Pour Benkirane et son équipe, qui attend toujours sa feuille de sortie, c’est la Bérézina, Waterloo, Pearl Harbor, la Chute de l’Empire romain et la prise de Grenade par les troupes d’Isabelle la Catholique, TOUT A LA FOIS !!!

Ce gouvernement, qui devait lutter contre la hausse des prix, contre la détérioration du pouvoir d’achat des plus larges couches, pour la justice sociale, est celui-là même qui, à quelques heures ou jours de son départ pour cause de remaniement, s’enfonce dans l’incroyable opération d’augmentation des prix des carburants en catimini, un dimanche soir à minuit !!!

Bravo la transparence, la communication avec le peuple !!! Nul crocodile ou démon n’est venu pour empêcher le chef du gouvernement de commettre ce qui paraît être, par rapport à ses promesses électorales, l’irréparable…

Abdelilah Benkirane, Boulif et les autres, solidaires parce que c’est la logique des coalitions, ont choisi d’appliquer l’indexation quelques jours à peine après la publication au BO du décret instaurant cette mesure forcément impopulaire.

Certes, il est vrai que cette décision était inéluctable tant la Caisse de compensation est sollicitée par les budgets alloués aux carburants tels que l’essence et le gazole et tant sont mal en point nos finances publiques.

Certes, sur les “conseils pressants” du FMI, qui a renouvelé en août la ligne de précaution accordée au Royaume l’été 2012, le gouvernement d’Abdelilah Benkirane était quasiment contraint d’appliquer cette potion au goût si amer pour les milieux populaires, celle de la réforme de la Compensation, laquelle signifie, avant toute chose, la vérité des prix et la diminution des financements consentis par l’Etat à plusieurs produits stratégiques et de première nécessité.
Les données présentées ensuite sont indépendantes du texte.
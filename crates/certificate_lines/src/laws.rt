// What is written is read back.
ghost use Rattle.certificate_lines.specs.Written.{WordsAreReadBack, LinesAreReadBack, NumbersAreReadBack};
ghost use Rattle.certificate_lines.specs.Written.{IrisAreReadBack};

/// Words without blanks, with a blank between them, are the words of that line.
pub fn words_are_read_back()
    ensures { WordsAreReadBack }
{}

/// Lines without line feeds and without carriage returns at their ends, with a line feed after each, are the lines of
/// that text, and an empty line after them.
pub fn lines_are_read_back()
    ensures { LinesAreReadBack }
{}

/// A number below 4,294,967,296 in decimal is that number.
pub fn numbers_are_read_back()
    ensures { NumbersAreReadBack }
{}

/// What stands between `<` and `>` is what was put there.
pub fn iris_are_read_back()
    ensures { IrisAreReadBack }
{}
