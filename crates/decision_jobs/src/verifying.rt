// The verification of a certificate, from its text to the answer.
ghost use Rattle.std.specs.Prelude.{◌≡◌, ◌≤◌, false, IfOk, IfErr, length};
ghost use Rattle.job_inputs.specs.Answer.{is_fault, text_bytes};
ghost use Rattle.job_inputs.specs.Asked.{judged};
ghost use Rattle.decision_jobs.specs.Checking.{IsReply, IsUnread};
ghost use Rattle.decision_jobs.specs.Checked.{Checked};

use crate::checking::read_input;
use crate::judging::judge;
use job_inputs::{Message, Status, Text, Unread, Verdict};
use std::alloc::Global;

/// Verifies the certificate that follows the document.
pub fn verify(alloc: Global, query: &str, input: &[u8]) -> (Status, Text)
    requires { length input.now ≤ 4294967293 }
    ensures checked { Checked query.now input.now (text_bytes result.1) result.0 }
    ensures no_fault { is_fault result.0 ≡ false }
{
    Message::of_check(verdict_on(alloc, query, input)).reply(alloc)
}

// The verdict on the certificate, if there is one.
fn verdict_on(alloc: Global, query: &str, input: &[u8]) -> Result<Verdict, Unread>
    requires { length input.now ≤ 4294967293 }
    ensures verdict { IfOk result (λ v. IsReply query.now input.now (judged v)) }
    ensures unread { IfErr result (IsUnread query.now input.now) }
{
    let read = read_input(alloc, query, input)?;
    let verdict = judge(alloc, &read);
    drop(read);
    Ok(verdict?)
}
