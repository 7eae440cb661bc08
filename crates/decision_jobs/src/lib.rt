//! The jobs `sat`, `entails` and `check`: whether a class expression can have an element, whether a statement follows,
//! and whether a certificate shows what it is to show.
//!
//! The first two ask the oracle one question, about all axioms of a document, and write its evidence behind the
//! verdict: what is written is a certificate, a finite counter-model or a refutation, and `check` verifies it. So
//! nobody has to trust the search that found it (McConnell, Mehlhorn, Näher and Schweitzer, "Certifying algorithms",
//! Computer Science Review 5, 2011). For `check` the document and the query are read, then the certificate, and then it
//! is judged.
#![tactic(auto)]

mod answering;
mod certificate;
mod checking;
mod deciding;
mod judging;
mod laws;
mod verdict_laws;
mod verifying;

pub use answering::Decide;
pub use certificate::Certificate;
pub use laws::{a_no_does_not_follow, a_yes_follows, verdicts_exclude_each_other};
pub use shq_oracle::RunLog;
pub use verdict_laws::{malformed_line_is_the_first, verdicts_are_true};
pub use verifying::verify;
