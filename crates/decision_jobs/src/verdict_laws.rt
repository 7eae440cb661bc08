// What is malformed is found at its first line, and what is accepted is true.
ghost use Rattle.decision_jobs.specs.Malformed.{MalformedIsFirst};
ghost use Rattle.decision_jobs.specs.VerdictLaws.{VerdictsAreTrue};

/// The line that is rejected as malformed is the first: some certificate begins with the lines before it, and none with
/// these and it. Where a needed line is missing, its number is the number of lines plus 1.
pub fn malformed_line_is_the_first()
    ensures { MalformedIsFirst }
{}

/// A query whose refutation is accepted follows from the axioms in all finite interpretations; one whose counter-model
/// is accepted does not.
pub fn verdicts_are_true()
    ensures { VerdictsAreTrue }
{}
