// Where lines stop being the text that they are read as.
ghost use Rattle.std.specs.Prelude.{◌≡◌, ◌+◌, ◌<◌, ◌^◌, length};
ghost use Rattle.certificate_lines.specs.Lines.{bytes_of};
ghost use Rattle.certificate_lines.specs.Malformed.{first_unblank, TellsBlank, clamped_line};

use crate::is_blank;
use shq_terms::NoMemory;
use std::alloc::AllocFailed;
use std::error::Error;
use std::fmt;

/// Why lines are not the text that they are read as.
#[derive(Clone, Copy, Debug, PartialEq, Eq)]
pub enum LineFault {
    /// The number of the first line outside the format. The lines of a certificate have the numbers from 2 on, behind
    /// the line with the answer. A number above 4,294,967,295 is told as 4,294,967,295.
    Malformed(u32),
    NoMemory,
}

impl fmt::Display for LineFault {
    fn fmt<W: fmt::Write>(&self, f: &mut fmt::Formatter<W>) -> fmt::Result {
        match self {
            LineFault::Malformed(line) => write!(f, "line {line} is malformed"),
            LineFault::NoMemory => write!(f, "memory was refused"),
        }
    }
}

impl Error for LineFault {}

impl From<NoMemory> for LineFault {
    ghost use Rattle.std.specs.Prelude.{◌≡◌};
    ghost use Rattle.certificate_lines.specs.declared.fault.LineFault.TheVariants as fault;

    ghost from_gives = { λ _ e. e ≡ fault.NoMemory };

    fn from(_: NoMemory) -> Self {
        LineFault::NoMemory
    }
}

impl<T: Drop> From<AllocFailed<T>> for LineFault {
    ghost use Rattle.std.specs.Prelude.{◌≡◌};
    ghost use Rattle.certificate_lines.specs.declared.fault.LineFault.TheVariants as fault;

    ghost from_gives = { λ _ e. e ≡ fault.NoMemory };

    fn from(_: AllocFailed<T>) -> Self {
        LineFault::NoMemory
    }
}

/// The number of a line as it is told: itself, or 4,294,967,295 where it is above that.
pub fn clamped_line(number: usize) -> u32
    ensures { result ≡ clamped_line number }
{
    u32::try_from(number).unwrap_or(u32::MAX)
}

/// The number of the first line that is not blank, where the first of all has the number that is given.
pub fn first_unblank(lines: &[&[u8]], number: usize) -> Option<usize>
    requires { number + length lines.now < 2 ^ 62 }
    ensures first { result ≡ first_unblank number (bytes_of lines.now) }
    ensures blank { TellsBlank (bytes_of lines.now) result }
{
    for index in 0..lines.len() {
        if !is_blank(lines[index]) {
            return Some(number + index);
        }
    }
    None
}
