//! Sets of numbers as lists of words of 64 bits, and a sieve over a table of bit signatures.
//!
//! Number `k` is in a set where bit `k % 64` of word `k / 64` is set. The kernels over whole words (part of, meets,
//! united) load four words at once, the width of a 256-bit vector register, and finish word by word. Each is proved
//! equal to the plain definition over the lists, and [`words_are_sets`] ties the lists to finite sets, so that callers
//! reason about members and never about bits.
//!
//! A [`Lanes`] table keeps one signature of 256 bits a row, as subsumption tests of SAT solvers keep one of 64 bits a
//! clause (Niklas Eén and Armin Biere, "Effective Preprocessing in SAT through Variable and Clause Elimination", SAT
//! 2005): what is part of a row has a signature that is part of the row's. [`candidates`] writes the places of all rows
//! that pass this test. The first words stand in a column of their own besides, so that four rows are ruled out by one
//! comparison.
#![tactic(auto)]

mod block;
mod lanes;
mod law;
mod members;
mod new_words;
mod numbers;
mod order;
mod pairs;
mod words;

pub use lanes::{Lanes, candidates};
pub use law::words_are_sets;
pub use members::{count_numbers, has_number, last_number, next_number, put_number, take_number};
pub use new_words::{copy_words, repeat_word};
pub use numbers::Numbers;
pub use order::compare_numbers;
pub use pairs::{do_meet, is_part, subtract, unite};
pub use shq_base::NoMemory;
pub use words::{meets_words, subset_words, union_words};
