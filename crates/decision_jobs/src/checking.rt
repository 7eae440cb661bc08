// What is verified: a document, a query on it and a certificate.
ghost use Rattle.std.specs.Prelude.{◌≡◌, ◌≤◌, IfOk, IfErr, length};
ghost use Rattle.std.specs.Result.{result_map_both};
ghost use Rattle.decision_jobs.specs.Certificates.{Fits};
ghost use Rattle.decision_jobs.specs.Checking.{IsInput, CanBeJudged, IsUnread, IsClaim, IsUnclaimed, input_with};

use crate::certificate::{Certificate, read_certificate};
use job_inputs::{Unread, document, query_on};
use ofn_reader::Context;
use shq_terms::{Ontology, Query};
use std::alloc::Global;

/// What is verified: the axioms, the query and the certificate.
#[derive(Drop)]
pub(crate) struct Input {
    pub ontology: Ontology,
    pub asked: Query,
    pub certificate: Certificate,
}

/// Reads the document, the query on it and the certificate that follows it.
pub(crate) fn read_input(alloc: Global, query: &str, bytes: &[u8]) -> Result<Input, Unread>
    requires { length bytes.now ≤ 4294967293 }
    ensures input { IfOk result (IsInput query.now bytes.now) }
    ensures within { IfOk result CanBeJudged }
    ensures unread { IfErr result (IsUnread query.now bytes.now) }
{
    let (mut ontology, context, end) = document(alloc, bytes)?;
    let claim = read_claim(alloc, query, bytes.split_at(end).1, &mut ontology, &context);
    input_of(ontology, claim)
}

// The query and the certificate.
#[derive(Drop)]
pub(crate) struct Claim {
    pub asked: Query,
    pub certificate: Certificate,
}

fn input_of(ontology: Ontology, claim: Result<Claim, Unread>) -> Result<Input, Unread>
    ensures { result ≡ result_map_both (input_with ontology) (λ u. u) claim }
{
    match claim {
        Ok(Claim { asked, certificate }) => Ok(Input {
            ontology,
            asked,
            certificate,
        }),
        Err(unread) => {
            drop(ontology);
            Err(unread)
        }
    }
}

// Reads the query, and the certificate that the rest of the input is.
fn read_claim(
    alloc: Global,
    query: &str,
    rest: &[u8],
    ontology: &mut Ontology,
    context: &Context,
) -> Result<Claim, Unread>
    requires { length rest.now ≤ 4294967293 }
    ensures claim { IfOk result (IsClaim ontology.old context.now query.now rest.now ontology.new) }
    ensures fits { IfOk result (λ c. Fits ontology.new c.certificate) }
    ensures unclaimed { IfErr result (IsUnclaimed ontology.old context.now query.now rest.now) }
{
    let asked = query_on(alloc, query, ontology, context)?;
    let certificate = read_certificate(alloc, rest, ontology);
    claim_of(asked, certificate)
}

fn claim_of(asked: Query, certificate: Result<Certificate, Unread>) -> Result<Claim, Unread>
    ensures { result ≡ result_map_both (λ c. record { asked = asked; certificate = c }) (λ u. u) certificate }
{
    match certificate {
        Ok(certificate) => Ok(Claim { asked, certificate }),
        Err(unread) => {
            drop(asked);
            Err(unread)
        }
    }
}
L’augmentation est intervenue dès le 16 septembre à 0 heure, ce qui signifie que Benkirane n’aura pas retardé d’une seule seconde la mise en ½uvre de cette stratégie qui consiste à faire payer aux plus démunis les mêmes charges que les plus riches, prenant ainsi ” à la traître” les Marocains qui ont eu la très désagréable surprise de constater la hausse lundi matin en allant au travail.

Et si cette hausse devait être appliquée, la logique politique des PJD, PPS et autre MP qui en assument désormais la responsabilité et en paieront peut-être demain le prix électoral aurait voulu que le Chef du gouvernement s’adressât à ses concitoyens pour les informer, les prévenir, essayer de les convaincre du bien fondé économique et financier de cette hausse qui, faute de cet effort de communication, sera considérée comme inique, injuste et inacceptable.
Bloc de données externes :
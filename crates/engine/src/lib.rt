// An area blit: by blocks of rows where no source meets what D stored, else word by word.
#![tactic(auto)]

ghost use Rattle.std.specs.Prelude.{◌≡◌, true, ◌+◌, ◌*◌, ◌<◌, ◌≤◌};
ghost use Rattle.word.specs.Pointer.{pointer_end};
ghost use Rattle.area.specs.Flow.{state, nothing};
ghost use Rattle.area.specs.Rows.{area_blit};

use area::types::{Flow, Setup};
use block::types::Size;
use word::pointer::INDEX_END;

// A few words cost less one by one. Blocks want memory no longer than a pointer reaches.
fn worth_a_block(n: usize, words: u32) -> bool
    ensures { result ≡ true → n ≤ pointer_end }
{
    (n <= INDEX_END) & (6 < words)
}

// Set-up, size, strides and flow stay apart, here and below: the first three stand, and the flow alone changes.
// So many rows at a time as the test before it allows. Two words at least: one alone would be stored before the next is
// fetched.
pub fn area_blit(ram: &mut [u16], setup: Setup, width: u32, height: u32, flow: Flow) -> Flow
    requires { (setup.shifts.a < 16) × (setup.shifts.b < 16) × (1 ≤ width) × (width ≤ 64) × (1 ≤ height) × (height ≤ 1024)
        × (flow.pointers.a.word < pointer_end) × (flow.pointers.b.word < pointer_end)
        × (flow.pointers.c.word < pointer_end) × (flow.pointers.d.word < pointer_end)
        × (flow.pending ≡ nothing) × (flow.stored + height * 64 < 4294967232) }
    ensures { state ram.new result
        ≡ area_blit setup width height (state ram.old flow) }
{
    if worth_a_block(ram.len(), width * height) {
        let size = Size {
            width: width as usize,
            height: height as usize,
        };
        let far = apart::strides(setup, width);
        let most = apart::rows_at_once(ram.len(), setup, size, flow, far);
        if 2 <= most * size.width {
            return blocks::all::blocks(ram, setup, far, size, most, flow);
        }
        if by_word::smear::smears(ram.len(), setup, size, flow, far) {
            return by_word::smear::smear(ram, setup, size, flow, far);
        }
        return by_word::area_blit(ram, setup, width, height, flow);
    }
    by_word::area_blit(ram, setup, width, height, flow)
}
Abdelilah Benkirane, pourtant, n’est pas un politicien dépourvu d’éloquence, ses prestations télévisées, ses diatribes du haut de la tribune parlementaire, ses envolées lors de ses meetings, en témoignent amplement.
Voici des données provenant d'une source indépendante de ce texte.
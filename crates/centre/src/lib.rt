// One end of a line: a session with the running totals of both its directions, and every call on it in one form. What a
// call does to an end is `turned` of specs/, made of the definitions that the calls' own contracts cite.
#![tactic(auto)]

pub mod call;
pub mod end;
mod turn;
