// Every call on a centre that has a time, each in the same form, and one function for all of them.
ghost use Rattle.std.specs.Prelude.{◌≡◌, List, ℕ};
ghost use Rattle.session.specs.Sending.{Send};
ghost use Rattle.session.specs.Engine.{Call, performed, performed_by};
ghost use Rattle.session.specs.Parties.{Direction};
ghost use Rattle.session.specs.Premise.{KeptBeside};
ghost use Rattle.presenting.specs.Said.{send_said};
ghost use Rattle.centre.specs.Turn.{engine_of, turn_of, call_of};

use crate::end::Centre;
use crate::turn::Turn;
use calls::clock::clock;
use codes::answer::answer_number;
use presenting::answer::{SendOutcome, send_number, send_written};
use presenting::reply::take_reply;
use presenting::sending::{send_detail, send_header, send_lot_total, send_session_total};
use receiving::receive::receive;

// A call by its kind and its numbers. The documents of a detail, the message that is received and the reply that is taken
// stand in a slice beside it.
#[derive(Clone, Copy)]
pub enum Order {
    Header(u32, u32, u16, u16),
    Detail(u32, u8),
    LotTotal(u32),
    SessionTotal(u32),
    Receive(u32),
    Reply(u32),
    Clock(u32),
}

// What a send gives: it leaves the running totals of the presented lot as they were.
fn sent(c: Centre, outcome: SendOutcome) -> Turn
    requires { KeptBeside Direction.presenting c.session outcome.session c.presenting }
    ensures { (line : List ℕ) → turn_of result line ≡ performed_by Direction.presenting (send_said outcome c.presenting line) (engine_of c) }
{
    Turn {
        number: send_number(outcome.answer),
        written: send_written(outcome.answer),
        centre: c.with_presented(outcome.session, c.presenting),
    }
}

fn header_call(c: Centre, time: u32, moment: u32, office: u16, number: u16, line: &mut [u8]) -> Turn
    ensures { turn_of result line.new ≡ performed (Call.send time (Send.header moment office number)) line.old (engine_of c) }
{
    sent(
        c,
        send_header(c.session, time, moment, office, number, line),
    )
}

fn detail_call(c: Centre, time: u32, operation: u8, part: &[u8], line: &mut [u8]) -> Turn
    ensures { turn_of result line.new ≡ performed (Call.send time (Send.detail operation part.now)) line.old (engine_of c) }
{
    sent(
        c,
        send_detail(c.session, c.presenting, time, operation, part, line),
    )
}

fn lot_total_call(c: Centre, time: u32, line: &mut [u8]) -> Turn
    ensures { turn_of result line.new ≡ performed (Call.send time Send.lot_total) line.old (engine_of c) }
{
    sent(c, send_lot_total(c.session, c.presenting, time, line))
}

fn session_total_call(c: Centre, time: u32, line: &mut [u8]) -> Turn
    ensures { turn_of result line.new ≡ performed (Call.send time Send.session_total) line.old (engine_of c) }
{
    sent(c, send_session_total(c.session, time, line))
}

pub fn receive_call(c: Centre, time: u32, message: &[u8], line: &mut [u8]) -> Turn
    ensures { turn_of result line.new ≡ performed (Call.receive time message.now) line.old (engine_of c) }
{
    let outcome = receive(c.session, c.receiving, time, message, line);
    let received = outcome.received;
    Turn {
        number: answer_number(received.answer),
        written: received.written,
        centre: c.with_received(received.session, outcome.running),
    }
}

pub fn reply_call(c: Centre, time: u32, reply: &[u8]) -> Turn
    ensures { (line : List ℕ) → turn_of result line ≡ performed (Call.reply time reply.now) line (engine_of c) }
{
    let outcome = take_reply(c.session, c.presenting, time, reply);
    let called = outcome.called;
    Turn {
        number: answer_number(called.answer),
        written: 0,
        centre: c.with_presented(called.session, outcome.running),
    }
}

pub fn clock_call(c: Centre, time: u32) -> Turn
    ensures { (line : List ℕ) → turn_of result line ≡ performed (Call.clock time) line (engine_of c) }
{
    let ticked = clock(c.session, time);
    Turn {
        number: answer_number(ticked.answer),
        written: 0,
        centre: c.with_session(ticked.session),
    }
}

// Any of them. A match and no closure: an order is read from a script, and the definition `call_of` has the same cases.
pub fn perform(c: Centre, order: Order, bytes: &[u8], line: &mut [u8]) -> Turn
    ensures { turn_of result line.new ≡ performed (call_of order bytes.now) line.old (engine_of c) }
{
    match order {
        Order::Header(time, moment, office, number) => header_call(
            c, time, moment, office, number, line,
        ),
        Order::Detail(time, operation) => detail_call(c, time, operation, bytes, line),
        Order::LotTotal(time) => lot_total_call(c, time, line),
        Order::SessionTotal(time) => session_total_call(c, time, line),
        Order::Receive(time) => receive_call(c, time, bytes, line),
        Order::Reply(time) => reply_call(c, time, bytes),
        Order::Clock(time) => clock_call(c, time),
    }
}
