// A centre, as it stands between two calls.
ghost use Rattle.centre.specs.Premise.{IsReady};
ghost use Rattle.centre.specs.Inner.Premise.{ready_props};

use session::running::{Running, empty};
use session::session::Session;

// A session, and the running totals of the lots that are open in it, presented and received: ready for every call.
#[derive(Clone, Copy)]
pub struct Centre {
    pub session: Session,
    pub presenting: Running,
    pub receiving: Running,
    pub ghost ready: { IsReady session presenting receiving } by { Prim.hlevel ready_props },
}

impl Centre {
    ghost use Rattle.std.specs.Prelude.{◌≡◌, []};
    ghost use Rattle.session.specs.Start.{start};
    ghost use Rattle.session.specs.Engine.{with_empty, Ready};
    ghost use Rattle.session.specs.Parties.{Direction};
    ghost use Rattle.session.specs.Premise.{Kept, KeptBeside};
    ghost use Rattle.centre.specs.Turn.{engine_of};

    // A centre whose session has just been started.
    pub fn begun(session: Session) -> Self
        requires { Ready (with_empty session) }
        ensures { engine_of result ≡ with_empty session }
    {
        Centre {
            session,
            presenting: empty(),
            receiving: empty(),
        }
    }

    // A centre that starts its session, with nobody represented. Where the start is refused, the session is a closed one.
    pub fn started(date: u32, own: u16, partner: u16) -> Self
        ensures { engine_of result ≡ with_empty (start date own partner []).session }
    {
        Centre::begun(Session::start(date, own, partner, &[]).session)
    }

    // The centre after a call that is lent no running totals.
    pub fn with_session(self, session: Session) -> Self
        requires { Kept self.session session }
        ensures { engine_of result ≡ record { session = session; presenting = self.presenting; receiving = self.receiving } }
    {
        Centre {
            session,
            presenting: self.presenting,
            receiving: self.receiving,
        }
    }

    // The centre after a call that is lent those of the presented lot. The direction stands in the clauses of this method and of
    // the next; one method for both would need it as an argument, and a branch.
    pub fn with_presented(self, session: Session, running: Running) -> Self
        requires { KeptBeside Direction.presenting self.session session running }
        ensures { engine_of result ≡ record { session = session; presenting = running; receiving = self.receiving } }
    {
        Centre {
            session,
            presenting: running,
            receiving: self.receiving,
        }
    }

    // The centre after a call that is lent those of the received lot.
    pub fn with_received(self, session: Session, running: Running) -> Self
        requires { KeptBeside Direction.receiving self.session session running }
        ensures { engine_of result ≡ record { session = session; presenting = self.presenting; receiving = running } }
    {
        Centre {
            session,
            presenting: self.presenting,
            receiving: running,
        }
    }
}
Mais, pour cette fois, il a choisi de se comporter comme ceux qu’il pourfendait autrefois de ses attaques et critiques.

Serait-ce l’exercice du pouvoir exécutif qui rend aveugle et sourd ?

La leçon de ce comportement, au-delà de la décision d’appliquer l’indexation, que l’on peut, sinon accepter, du moins comprendre, est que le PJD, autrefois chantre de la justice sociale et pourfendeur des inégalités, (du moins dans l’oralité), vient de perdre sa virginité politicienne. Ce parti est désormais comme tous les autres, c’est-à-dire une force politique qui man½uvre, tergiverse, louvoie, avant de se donner corps et âme, à l’impérieux diktat de la realpolitik.

Tel le papillon qui se brûle les ailes parce qu’il est attiré par la flamme de la bougie,  (ou de la lampe ?), le PJD vient de perdre la bataille de la crédibilité.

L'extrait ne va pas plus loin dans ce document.